Tübingen. Exzessives Spielen am Computer hat nach Ansicht von Experten mittlerweile ein ähnlich hohes Suchtpotenzial wie Alkohol. Drei bis vier Prozent der Konsumenten seien akut abhängig, schätzte Prof. Karl Mann von der Universität Heidelberg beim Deutschen Suchtkongress 2010.

Die Gefahr der neuen Medien, Automatenspielsucht und die gesellschaftlichen Folgekosten der Suchterkrankungen bilden den Mittelpunkt des dreitägigen Kongresses, der an der Universitätsklinik in Tübingen stattfindet.

Besonders Online-Rollenspiele wie „World of Warcraft“ seien stark nachgefragt, sagte der Kongressleiter Prof. Anil Batra. „Das Besondere an diesen Spielen ist die soziale Komponente durch die Bildung von Gemeinschaften im Internet.“ Viele Spieler erlebten nur dort Freundschaft, Selbstsicherheit und Schlagfertigkeit, die sie dann im realen Leben nicht umsetzen könnten.

Meist sei die Abhängigkeit von Computerspielen aber nur ein Ausdruck für ein anderes Problem. „Junge Menschen, die schon vorher zu Depressionen neigen oder eine schlechtere Lebensqualität haben, versuchen, emotionale Probleme mit dem Spielen zu überwinden.“ Dabei werde das Computerspielen selbst zum Problem.
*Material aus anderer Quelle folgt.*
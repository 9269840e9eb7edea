use crate::tests::told;
use std::alloc::Global;
use std::test::Fail;

/// Limits: what stands before, what is repeated, how often at most, what stands behind, and what is said of once more.
const LIMITS: &[(&str, &str, usize, &str, &str)] = &[
    (
        r#"{"start":[],"suffixes":""#,
        " ",
        1_048_576,
        r#""}"#,
        "X6 /suffixes",
    ),
    (
        r#"{"start":["#,
        r#""https://a.com/","#,
        63,
        r#""https://a.com/"]}"#,
        "X6 /start",
    ),
    (
        r#"{"start":["https://a.com/"#,
        "x",
        2034,
        r#""]}"#,
        "X3 /start/0",
    ),
    (
        r#"{"start":[],"isolated_origins":["#,
        r#""https://a.com/","#,
        63,
        r#""https://a.com/"]}"#,
        "X6 /isolated_origins",
    ),
    (
        r#"{"start":[],"resources":[{"url":"https://a.com/","headers":["#,
        r#"["a","b"],"#,
        63,
        r#"["a","b"]]}]}"#,
        "X6 /resources/0/headers",
    ),
    (
        r#"{"start":[],"resources":[{"url":"https://a.com/","headers":[[""#,
        "x",
        64,
        r#"","v"]]}]}"#,
        "X5 /resources/0/headers/0/0",
    ),
    (
        r#"{"start":[],"resources":[{"url":"https://a.com/","headers":[["n"," \t"#,
        "x",
        1024,
        r#"\t "]]}]}"#,
        "X6 /resources/0/headers/0/1",
    ),
    (
        r#"{"start":[],"resources":[{"url":"https://a.com/","body":""#,
        "x",
        16384,
        r#""}]}"#,
        "X6 /resources/0/body",
    ),
    (
        r#"{"start":[],"resources":[{"url":"https://a.com/","body_hex":""#,
        "0a",
        16384,
        r#""}]}"#,
        "X6 /resources/0/body_hex",
    ),
    (
        r#"{"start":[],"resources":[{"url":"https://a.com/","actions":["#,
        r#"{"do":"wait"},"#,
        63,
        r#"{"do":"wait"}]}]}"#,
        "X6 /resources/0/actions",
    ),
    (
        r#"{"start":[],"resources":[{"url":"https://a.com/","actions":[{"do":"page","url":""#,
        "x",
        4096,
        r#""}]}]}"#,
        "X6 /resources/0/actions/0/url",
    ),
    (
        r#"{"start":[],"resources":[{"url":"https://a.com/","actions":[{"do":"post","frame":"top","target":"*","text":""#,
        "\u{e9}",
        512,
        r#""}]}]}"#,
        "X6 /resources/0/actions/0/text",
    ),
    (
        r#"{"start":[],"resources":[{"url":"https://a.com/","actions":[{"do":"ask","request":"","service":""#,
        "x",
        32,
        r#""}]}]}"#,
        "X6 /resources/0/actions/0/service",
    ),
    (
        r#"{"start":[],"resources":[{"url":"https://a.com/","actions":[{"do":"ask","service":"store","request":""#,
        "x",
        1024,
        r#""}]}]}"#,
        "X6 /resources/0/actions/0/request",
    ),
];

/// Two faults, of which one is a length: what stands before, what is repeated, how often, what stands behind, and what is said.
const FIRST_FAULTS: &[(&str, &str, usize, &str, &str)] = &[
    (
        r#"{"start":[],"suffixes":"!"#,
        "x",
        1_048_576,
        r#""}"#,
        "X6 /suffixes",
    ),
    (
        r#"{"start":["no","#,
        r#""https://a.com/","#,
        63,
        r#""https://a.com/"]}"#,
        "X6 /start",
    ),
    (
        r#"{"start":[],"isolated_origins":["about:blank","#,
        r#""https://a.com/","#,
        63,
        r#""https://a.com/"]}"#,
        "X6 /isolated_origins",
    ),
    (
        r#"{"start":[],"resources":[{"url":"https://a.com/","headers":[["n","\u007f"#,
        "x",
        1024,
        r#""]]}]}"#,
        "X6 /resources/0/headers/0/1",
    ),
    (
        r#"{"start":[],"resources":[{"url":"https://a.com/","headers":[["n","\u007f"#,
        "x",
        1023,
        r#""]]}]}"#,
        "X5 /resources/0/headers/0/1",
    ),
    (
        r#"{"start":[],"resources":[{"url":"https://a.com/","body_hex":"0x"#,
        "0a",
        16384,
        r#""}]}"#,
        "X2 /resources/0/body_hex",
    ),
    (
        r#"{"start":[],"resources":[{"url":"https://a.com/","actions":["#,
        r#"{"do":"fly"},"#,
        64,
        r#"{"do":"wait"}]}]}"#,
        "X6 /resources/0/actions",
    ),
];

/// What is said of a text whose middle is repeated so often.
fn told_repeated(
    alloc: Global,
    front: &str,
    middle: &str,
    count: usize,
    back: &str,
) -> Result<String, Fail> {
    let middle = middle.repeat(alloc, count)?;
    let text = format!(in alloc; "{front}{middle}{back}")?;
    told(alloc, text.as_bytes())
}

#[test]
fn limits_are_the_most_that_is_read(rt: HostRuntime) -> Result<(), Fail> {
    let alloc = rt.alloc();
    for (front, middle, most, back, want) in LIMITS {
        let most = *most;
        let found = told_repeated(alloc, front, middle, most, back)?;
        assert!(rt; found.as_str().starts_with("read"), "at {want}");
        let found = told_repeated(alloc, front, middle, most.saturating_add(1), back)?;
        assert_eq!(rt; found.as_str(), *want);
    }
    Ok(())
}

#[test]
fn lengths_are_told_in_their_turn(rt: HostRuntime) -> Result<(), Fail> {
    for (front, middle, count, back, want) in FIRST_FAULTS {
        let found = told_repeated(rt.alloc(), front, middle, *count, back)?;
        assert_eq!(rt; found.as_str(), *want);
    }
    Ok(())
}

/// What is said of so many resources at URLs of their own, and one more at this URL.
fn told_resources(alloc: Global, count: u32, last: &str) -> Result<String, Fail> {
    let mut text = String::from_str(alloc, "{\"start\":[],\"resources\":[")?;
    for i in 0..count {
        let resource = format!(in alloc; "{{\"url\":\"https://a.com/{i}\"}},")?;
        text.push_str(resource.as_str())?;
    }
    let resource = format!(in alloc; "{{\"url\":\"{last}\"}}]}}")?;
    text.push_str(resource.as_str())?;
    told(alloc, text.as_bytes())
}

#[test]
fn a_script_has_at_most_1024_resources_each_of_its_own_key(rt: HostRuntime) -> Result<(), Fail> {
    let found = told_resources(rt.alloc(), 1023, "https://a.com/last#x")?;
    assert!(rt;
        found
            .as_str()
            .ends_with("https://a.com/1022 resource https://a.com/last#x")
    );
    for (count, last, want) in [
        (1023, "https://a.com/0#x", "X7 /resources/1023/url"),
        (1023, "https://a.com/1022", "X7 /resources/1023/url"),
        (1024, "https://a.com/0", "X6 /resources"),
    ] {
        let found = told_resources(rt.alloc(), count, last)?;
        assert_eq!(rt; found.as_str(), want);
    }
    Ok(())
}

/// What is said of a body of 100 bytes that is cut behind each of so many.
fn told_cuts(alloc: Global, last: u32) -> Result<String, Fail> {
    let body = "x".repeat(alloc, 100)?;
    let mut text = format!(in alloc;
        "{{\"start\":[],\"resources\":[{{\"url\":\"https://a.com/\",\"body\":\"{body}\",\"cuts\":[1"
    )?;
    for cut in 2..=last {
        let cut = format!(in alloc; ",{cut}")?;
        text.push_str(cut.as_str())?;
    }
    text.push_str("]}]}")?;
    told(alloc, text.as_bytes())
}

#[test]
fn a_body_has_at_most_63_cuts(rt: HostRuntime) -> Result<(), Fail> {
    let found = told_cuts(rt.alloc(), 63)?;
    assert!(rt; found.as_str().ends_with(" cut 62 cut 63"));
    let found = told_cuts(rt.alloc(), 64)?;
    assert_eq!(rt; found.as_str(), "X6 /resources/0/cuts");
    Ok(())
}

/// What is said of lists, so many within one another.
fn told_nested(alloc: Global, depth: usize) -> Result<String, Fail> {
    let front = "[".repeat(alloc, depth)?;
    let back = "]".repeat(alloc, depth)?;
    told_repeated(alloc, front.as_str(), "", 0, back.as_str())
}

#[test]
fn values_nest_at_most_127_deep(rt: HostRuntime) -> Result<(), Fail> {
    for (depth, want) in [(127, "X2"), (128, "X1")] {
        let found = told_nested(rt.alloc(), depth)?;
        assert_eq!(rt; found.as_str(), want);
    }
    Ok(())
}
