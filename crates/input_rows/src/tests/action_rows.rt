use crate::tests::{Place, assert_told_at};
use std::test::Fail;

/// Actions of the one resource of a script, with what is said of each.
const ACTIONS: &[(&str, &str)] = &[
    (r#"[]"#, "X2 @"),
    (r#"{}"#, "X2 @/do"),
    (r#"{"x":1}"#, "X2 @/do"),
    (r#"{"do":1}"#, "X2 @/do"),
    (r#"{"do":"fly"}"#, "X2 @/do"),
    (r#"{"do":"Wait"}"#, "X2 @/do"),
    (r#"{"do":"commit"}"#, "X2 @/do"),
    (r#"{"do":"frame"}"#, "X2 @"),
    (r#"{"do":"frame","src":"x"}"#, "frame plain url x"),
    (
        r#"{"do":"frame","src":"","sandbox":false}"#,
        "frame plain url ",
    ),
    (
        r#"{"do":"frame","src":"not a url","sandbox":true}"#,
        "frame sandboxed url not a url",
    ),
    (r#"{"do":"frame","srcdoc":0}"#, "frame plain doc 0"),
    (
        r#"{"do":"frame","srcdoc":0,"sandbox":true}"#,
        "frame sandboxed doc 0",
    ),
    (r#"{"do":"frame","srcdoc":1}"#, "X6 @/srcdoc"),
    (r#"{"do":"frame","srcdoc":"0"}"#, "X2 @/srcdoc"),
    (r#"{"do":"frame","src":1}"#, "X2 @/src"),
    (r#"{"do":"frame","src":"x","srcdoc":0}"#, "X2 @"),
    (r#"{"do":"frame","src":1,"sandbox":1}"#, "X2 @/src"),
    (r#"{"do":"frame","srcdoc":1,"sandbox":1}"#, "X6 @/srcdoc"),
    (r#"{"do":"frame","src":"x","sandbox":1}"#, "X2 @/sandbox"),
    (r#"{"do":"frame","src":"x","url":"x"}"#, "X2 @"),
    (r#"{"do":"frame","x":1}"#, "X2 @"),
    (r#"{"do":"remove"}"#, "X2 @/child"),
    (r#"{"do":"remove","x":0}"#, "X2 @/child"),
    (r#"{"do":"remove","child":"0"}"#, "X2 @/child"),
    (r#"{"do":"remove","child":3}"#, "remove 3"),
    (r#"{"do":"remove","child":4294967295}"#, "remove 4294967295"),
    (r#"{"do":"remove","child":4294967296}"#, "X6 @/child"),
    (r#"{"do":"remove","child":0,"x":0}"#, "X2 @"),
    (r#"{"do":"navigate"}"#, "X2 @/frame"),
    (r#"{"do":"navigate","url":"x"}"#, "X2 @/frame"),
    (r#"{"do":"navigate","frame":"x"}"#, "X2 @/url"),
    (r#"{"do":"navigate","frame":"x","x":1}"#, "X2 @/url"),
    (r#"{"do":"navigate","frame":1,"url":"x"}"#, "X2 @/frame"),
    (r#"{"do":"navigate","frame":"x","url":1}"#, "X2 @/frame"),
    (r#"{"do":"navigate","frame":"self","url":1}"#, "X2 @/url"),
    (
        r#"{"do":"navigate","frame":"self","url":"x","x":1}"#,
        "X2 @",
    ),
    (r#"{"do":"page"}"#, "X2 @/url"),
    (r#"{"do":"page","x":1}"#, "X2 @/url"),
    (r#"{"do":"page","url":1}"#, "X2 @/url"),
    (r#"{"do":"page","url":"no url"}"#, "page no url"),
    (r#"{"do":"page","url":"x","mode":"cors"}"#, "X2 @"),
    (r#"{"do":"fetch"}"#, "X2 @/url"),
    (r#"{"do":"fetch","mode":"cors"}"#, "X2 @/url"),
    (r#"{"do":"fetch","url":"x"}"#, "X2 @/mode"),
    (r#"{"do":"fetch","url":"x","x":1}"#, "X2 @/mode"),
    (r#"{"do":"fetch","url":"u","mode":"cors"}"#, "fetch u cors"),
    (
        r#"{"do":"fetch","url":"u","mode":"no-cors"}"#,
        "fetch u no-cors",
    ),
    (r#"{"do":"fetch","url":"x","mode":"CORS"}"#, "X2 @/mode"),
    (r#"{"do":"fetch","url":"x","mode":""}"#, "X2 @/mode"),
    (r#"{"do":"fetch","url":1,"mode":1}"#, "X2 @/url"),
    (
        r#"{"do":"fetch","url":"x","mode":"cors","initiator":"https://b.com/"}"#,
        "X2 @",
    ),
    (r#"{"do":"post"}"#, "X2 @/frame"),
    (r#"{"do":"post","target":"*","text":""}"#, "X2 @/frame"),
    (r#"{"do":"post","frame":"top"}"#, "X2 @/target"),
    (
        r#"{"do":"post","frame":"top","target":"*","x":1}"#,
        "X2 @/text",
    ),
    (
        r#"{"do":"post","frame":"top","target":"*","text":"t \u00e9"}"#,
        "post top * t \u{e9}",
    ),
    (
        r#"{"do":"post","frame":"x","target":"x","text":1}"#,
        "X2 @/frame",
    ),
    (
        r#"{"do":"post","frame":"top","target":1,"text":1}"#,
        "X2 @/target",
    ),
    (
        r#"{"do":"post","frame":"top","target":"*","text":1}"#,
        "X2 @/text",
    ),
    (r#"{"do":"ask"}"#, "X2 @/service"),
    (r#"{"do":"ask","request":""}"#, "X2 @/service"),
    (r#"{"do":"ask","service":"store"}"#, "X2 @/request"),
    (r#"{"do":"ask","service":"","request":""}"#, "X6 @/service"),
    (
        r#"{"do":"ask","service":"x","request":"get k"}"#,
        "ask x get k",
    ),
    (r#"{"do":"ask","service":1,"request":1}"#, "X2 @/service"),
    (r#"{"do":"wait"}"#, "wait"),
    (r#"{"do":"wait","x":1}"#, "X2 @"),
    (r#"{"do":"recv"}"#, "recv"),
    (r#"{"do":"recv","frame":"self"}"#, "X2 @"),
    (r#"{"do":"crash"}"#, "crash"),
    (r#"{"do":"crash","is":"crash"}"#, "X2 @"),
    (r#"{"do":"raw"}"#, "X2 @/message"),
    (r#"{"do":"raw","x":1}"#, "X2 @/message"),
    (
        r#"{"do":"raw","message":{"is":"page","url":"x"},"document":0}"#,
        "X2 @",
    ),
];

/// Words at `frame`, with what is said of each.
const FRAMES: &[(&str, &str)] = &[
    ("self", "self x"),
    ("parent", "parent x"),
    ("top", "top x"),
    ("opener", "opener x"),
    ("child 0", "child 0 x"),
    ("child 3", "child 3 x"),
    ("child 10", "child 10 x"),
    ("child 4294967295", "child 4294967295 x"),
    ("child 4294967296", "X2 @"),
    ("child 00", "X2 @"),
    ("child 01", "X2 @"),
    ("child +1", "X2 @"),
    ("child -1", "X2 @"),
    ("child x", "X2 @"),
    ("child  1", "X2 @"),
    ("child 1 ", "X2 @"),
    ("child ", "X2 @"),
    ("child", "X2 @"),
    ("Self", "X2 @"),
    ("", "X2 @"),
];

/// Words at `target`, with what is said of each.
const TARGETS: &[(&str, &str)] = &[
    ("*", "* t"),
    ("/", "/ t"),
    ("https://b.com/x?y#z", "https://b.com:443 t"),
    ("http://B.com:8080", "http://b.com:8080 t"),
    ("", "X3 @"),
    ("**", "X3 @"),
    ("//", "X3 @"),
    ("b.com", "X3 @"),
    ("about:blank", "X3 @"),
    ("data:,x", "X3 @"),
];

#[test]
fn actions_are_read_by_their_rows(rt: HostRuntime) -> Result<(), Fail> {
    let action = Place {
        front: r#"{"start":[],"resources":[{"url":"https://a.com/","actions":["#,
        back: "]}]}",
        path: "/resources/0/actions/0",
        shown: "read resource https://a.com/ do ",
    };
    assert_told_at(&rt, rt.alloc(), &action, ACTIONS)
}

#[test]
fn frames_are_named_by_five_words(rt: HostRuntime) -> Result<(), Fail> {
    let frame = Place {
        front: r#"{"start":[],"resources":[{"url":"https://a.com/","actions":[{"do":"navigate","url":"x","frame":""#,
        back: r#""}]}]}"#,
        path: "/resources/0/actions/0/frame",
        shown: "read resource https://a.com/ do navigate ",
    };
    assert_told_at(&rt, rt.alloc(), &frame, FRAMES)
}

#[test]
fn posts_have_targets_of_three_kinds(rt: HostRuntime) -> Result<(), Fail> {
    let target = Place {
        front: r#"{"start":[],"resources":[{"url":"https://a.com/","actions":[{"do":"post","frame":"top","text":"t","target":""#,
        back: r#""}]}]}"#,
        path: "/resources/0/actions/0/target",
        shown: "read resource https://a.com/ do post top ",
    };
    assert_told_at(&rt, rt.alloc(), &target, TARGETS)
}
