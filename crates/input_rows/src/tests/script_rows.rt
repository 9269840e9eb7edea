use crate::tests::{Place, assert_told, assert_told_at, told};
use std::test::Fail;

/// Texts, with what is said of each.
const ROWS: &[(&str, &str)] = &[
    ("", "X1"),
    ("nul", "X1"),
    (r#"{"start":"#, "X1"),
    (r#"{"start":[]} x"#, "X1"),
    (r#"{"start":[],}"#, "X1"),
    (r#"{"start":[01]}"#, "X1"),
    ("[]", "X2"),
    ("null", "X2"),
    ("\"start\"", "X2"),
    (r#"{"start":[]}"#, "read"),
    (" \n\t{ \"start\" : [ ] } ", "read"),
    ("{}", "X2 /start"),
    (r#"{"x":1}"#, "X2 /start"),
    (r#"{"isolated_origins":1}"#, "X2 /start"),
    (r#"{"start":[],"x":1}"#, "X2"),
    (r#"{"start":1,"x":1}"#, "X2"),
    (r#"{"start":[],"Spare":true}"#, "X2"),
    (r#"{"start":[],"isolated_origin":[]}"#, "X2"),
    (r#"{"start":"https://a.com/"}"#, "X2 /start"),
    (r#"{"start":{}}"#, "X2 /start"),
    (r#"{"start":[1]}"#, "X2 /start/0"),
    (
        r#"{"start":["https://A.com","http://b.org:80/x#y"]}"#,
        "read start https://a.com/ start http://b.org/x#y",
    ),
    (
        r#"{"start":["https://a.com/","https://a.com/"]}"#,
        "read start https://a.com/ start https://a.com/",
    ),
    (r#"{"start":["ftp://a.com/"]}"#, "X3 /start/0"),
    (r#"{"start":["about:blank"]}"#, "X3 /start/0"),
    (r#"{"start":["about:srcdoc"]}"#, "X3 /start/0"),
    (r#"{"start":["data:,x"]}"#, "X3 /start/0"),
    (r#"{"start":["https://a.com/","no"]}"#, "X3 /start/1"),
    (r#"{"start":["no",1]}"#, "X3 /start/0"),
    (r#"{"start":[1,"no"]}"#, "X2 /start/0"),
    // Two faults: the one is told that comes first in the table.
    (r#"{"start":1,"suffixes":1}"#, "X2 /suffixes"),
    (r#"{"spare":1,"suffixes":"!x","start":[]}"#, "X4 line 1"),
    (r#"{"soft_limit":65,"spare":1,"start":[]}"#, "X2 /spare"),
    (r#"{"start":["no"],"soft_limit":65}"#, "X6 /soft_limit"),
    (r#"{"resources":1,"start":["no"]}"#, "X3 /start/0"),
    (
        r#"{"isolated_origins":1,"resources":1,"start":[]}"#,
        "X2 /resources",
    ),
    (r#"{"resources":1,"start":[],"x":1}"#, "X2"),
    // Of a repeated key the last counts.
    (r#"{"start":1,"start":[]}"#, "read"),
    (r#"{"start":[],"start":1}"#, "X2 /start"),
    (r#"{"start":[],"spare":1,"spare":true}"#, "read spare"),
    (r#"{"start":[],"spare":true,"\u0073pare":1}"#, "X2 /spare"),
];

/// Keys beside `start`, with what is said of each.
const KEYS: &[(&str, &str)] = &[
    (r#""suffixes":1"#, "X2 /suffixes"),
    (r#""suffixes":"""#, "read"),
    (r#""suffixes":"a.*.b""#, "X4 line 1"),
    (r#""suffixes":"com\n// a.*.b\n!x""#, "X4 line 3"),
    (r#""suffixes":"co.uk\n*.ck\n!www.ck\n""#, "read"),
    (r#""spare":true"#, "read spare"),
    (r#""spare":false"#, "read"),
    (r#""spare":1"#, "X2 /spare"),
    (r#""spare":null"#, "X2 /spare"),
    (r#""soft_limit":0"#, "read soft_limit 0"),
    (r#""soft_limit":63"#, "read soft_limit 63"),
    (r#""soft_limit":64"#, "read"),
    (r#""soft_limit":65"#, "X6 /soft_limit"),
    (r#""soft_limit":18446744073709551615"#, "X6 /soft_limit"),
    (r#""soft_limit":18446744073709551616"#, "X2 /soft_limit"),
    (r#""soft_limit":1.5"#, "X2 /soft_limit"),
    (r#""soft_limit":1.0"#, "X2 /soft_limit"),
    (r#""soft_limit":1e2"#, "X2 /soft_limit"),
    (r#""soft_limit":-1"#, "X2 /soft_limit"),
    (r#""soft_limit":-0"#, "X2 /soft_limit"),
    (r#""soft_limit":"1""#, "X2 /soft_limit"),
    (r#""soft_limit":00"#, "X1"),
    (r#""resources":{}"#, "X2 /resources"),
    (r#""resources":[1]"#, "X2 /resources/0"),
    (r#""resources":[1,{}]"#, "X2 /resources/0"),
    (r#""resources":[]"#, "read"),
    (r#""isolated_origins":[]"#, "read"),
    (r#""isolated_origins":["https://pay.a.com"]"#, "read"),
    (
        r#""isolated_origins":["http://a.com/","http://a.com/x"]"#,
        "read",
    ),
    (r#""isolated_origins":null"#, "X2 /isolated_origins"),
    (r#""isolated_origins":{}"#, "X2 /isolated_origins"),
    (
        r#""isolated_origins":"https://pay.a.com/""#,
        "X2 /isolated_origins",
    ),
    (r#""isolated_origins":[1]"#, "X2 /isolated_origins/0"),
    (
        r#""isolated_origins":["about:blank"]"#,
        "X3 /isolated_origins/0",
    ),
    (
        r#""isolated_origins":["https://a.com/","data:,x"]"#,
        "X3 /isolated_origins/1",
    ),
    (
        r#""isolated_origins":["about:srcdoc"]"#,
        "X3 /isolated_origins/0",
    ),
    (
        r#""isolated_origins":["ftp://a.com/"]"#,
        "X3 /isolated_origins/0",
    ),
    (r#""isolated_origins":["no",1]"#, "X3 /isolated_origins/0"),
];

#[test]
fn a_script_is_read_or_refused_at_its_first_fault(rt: HostRuntime) -> Result<(), Fail> {
    assert_told(&rt, rt.alloc(), ROWS)
}

#[test]
fn keys_beside_the_start_pages_are_read(rt: HostRuntime) -> Result<(), Fail> {
    let beside_start = Place {
        front: r#"{"start":[],"#,
        back: "}",
        path: "@",
        shown: "",
    };
    assert_told_at(&rt, rt.alloc(), &beside_start, KEYS)
}

#[test]
fn bytes_that_are_not_utf8_are_no_json(rt: HostRuntime) -> Result<(), Fail> {
    let found = told(rt.alloc(), b"{\"start\":[\"\xc3\"]}")?;
    assert_eq!(rt; found.as_str(), "X1");
    Ok(())
}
Auch die Nutzung des Internets selbst werde potenziell zu einer Gefahr, so Batra.

Es biete neue Kanäle für Probleme wie Kauf-, Kommunikations- und Sexsucht. Ein großes Problem ist weiterhin der Tabak- und Alkoholkonsum in Deutschland. Er sei nach wie vor der größte Risikofaktor für Krankheiten in den entwickelten Ländern. „Dies bringt auch eine erhebliche volkswirtschaftliche Bedeutung mit sich“, betonte Mann. Allein durch Alkoholmissbrauch entstünden der deutschen Gesellschaft unerwartet deutlich gestiegene Kosten von 26,7 Milliarden Euro pro Jahr.

Grund dafür sei insbesondere die Zunahme von exzessiven Besäufnissen. Bei der Tabak-Industrie überstiegen die Folgekosten mit 33,5 Milliarden sogar den Gesamtumsatz der gesamten Industrie. (dpa)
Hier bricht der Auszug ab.